His inarticulateness is legendary, and when he does express himself, however haltingly, he reveals a mind that concerns itself with trite sentimentality. GWB cannot think.
On the positive side, we’ve not been attacked since 9/11. Domestic security law, for which he can take credit, is the reason.
GWB is a bottom ten president, and always will be. He should consider himself lucky that Harding, Carter, Pierce, Buchanan and Filmore deserve places below him.
Exactly so. Every PResident aspires to preside over peace and prosperity. Yet in truth, you need to be a bit of a noboy who doesnt cause trouble to accomplish that.

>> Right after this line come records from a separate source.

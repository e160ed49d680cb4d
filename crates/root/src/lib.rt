// The square root of an f64, from its bits to the root's bits, in whole numbers of at most 64 bits.
#![tactic(auto)]

ghost use Rattle.std.specs.Prelude.{◌≡◌, ◌*◌, ◌^◌, ◌<◌, ◌≤◌};
ghost use Rattle.root.specs.Function.{nearest_root, scaled_root};
ghost use Rattle.root.specs.Promise.{Rooted};
ghost use Rattle.root.specs.Steps.{Scaling};

// Zero with its sign set.
const MINUS_ZERO: u64 = 0x8000_0000_0000_0000;

// Plus infinity: all bits above it, but for minus zero, are of what has no root.
const INFINITY: u64 = 0x7ff0_0000_0000_0000;

// The NaN that stands for every NaN.
const NOT_A_NUMBER: u64 = 0x7ff8_0000_0000_0000;

// The weight of the first of a number's 53 digits.
const TWO_52: u64 = 0x10_0000_0000_0000;

// The whole number nearest to the root of h * 2^52, by pairs of binary digits: 27 pairs of h, then 26 pairs of zeros.
// a holds the digits of h that are left, at the top of 54 bits; q is the root of the digits brought down so far, and rem what is left over.
fn root_core(h: u64) -> u64
    requires { h < 2 ^ 54 }
    ensures { result ≡ nearest_root (h * 2 ^ 52) }
{
    let mut q: u64 = 0;
    let mut rem: u64 = 0;
    let mut a: u64 = h;
    for _ in 0..53u64 {
        let next = rem * 4 + a / TWO_52;
        a = a % TWO_52 * 4;
        let trial = q * 4 + 1;
        if trial <= next {
            rem = next - trial;
            q = q * 2 + 1;
        } else {
            rem = next;
            q = q * 2;
        }
    }
    if q < rem { q + 1 } else { q }
}

// The 53 digits m of a number, and g, which is 1126 more than its exponent.
#[derive(Clone, Copy)]
struct Scaled {
    m: u64,
    g: u64,
}

// t * 2^52 as m * 2^g, with all the digits in m.
fn normal(t: u64) -> Scaled
    requires { (0 < t) × (t < 2 ^ 52) }
    ensures { (result.g ≤ 52) × Scaling (t * 2 ^ 52) result.m result.g }
{
    let shift = t.leading_zeros() - 11;
    Scaled {
        m: t << shift,
        g: u64::from(52 - shift),
    }
}

// The bits of the root of m * 2^e, for e = g - 1126.
fn root_scaled(x: Scaled) -> u64
    requires { (2 ^ 52 ≤ x.m) × ((x.m < 2 ^ 53) × (x.g < 2100)) }
    ensures { result ≡ scaled_root x.m x.g }
{
    let n = root_core(x.m * (1 + x.g % 2));
    (x.g + 972) / 2 * TWO_52 + (n - TWO_52)
}

// The bits of the root of the f64 with the bits b. Zero gives itself with its sign, plus infinity itself;
// below zero, or NaN, gives 7ff8000000000000.
pub fn root_bits(b: u64) -> u64
    ensures { Rooted b result }
{
    if (b == 0) | (b == MINUS_ZERO) | (b == INFINITY) {
        return b;
    }
    if INFINITY < b {
        return NOT_A_NUMBER;
    }
    let x = b / TWO_52;
    let t = b % TWO_52;
    if x == 0 {
        return root_scaled(normal(t));
    }
    root_scaled(Scaled {
        m: TWO_52 + t,
        g: x + 51,
    })
}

Which is why Coolidge should rank above FDR, Wilson, Jackson, Kennedy and a whole heap of other Presidents who were too active to leave well enough alone.
Coolidge was a great President.
Freeper LS could probably tell us what the makeup of this crowd is.
At least Zinn isnt on it.
Actually Truman gets a pass on conducting a war against communists(korea) while many communists in FDR's administration were working for him..
The great hero Joe McCarthy fought to expose them.. and did in a few places.. But it took later research in Moscow in KGB archives to prove McCarthy had no idea the depths of the espionage under Truman.. Joe Stalin financed the American Communist party.. which allowed stealing of Atom Bomb secrets.. under Truman..
Another moron was JFK...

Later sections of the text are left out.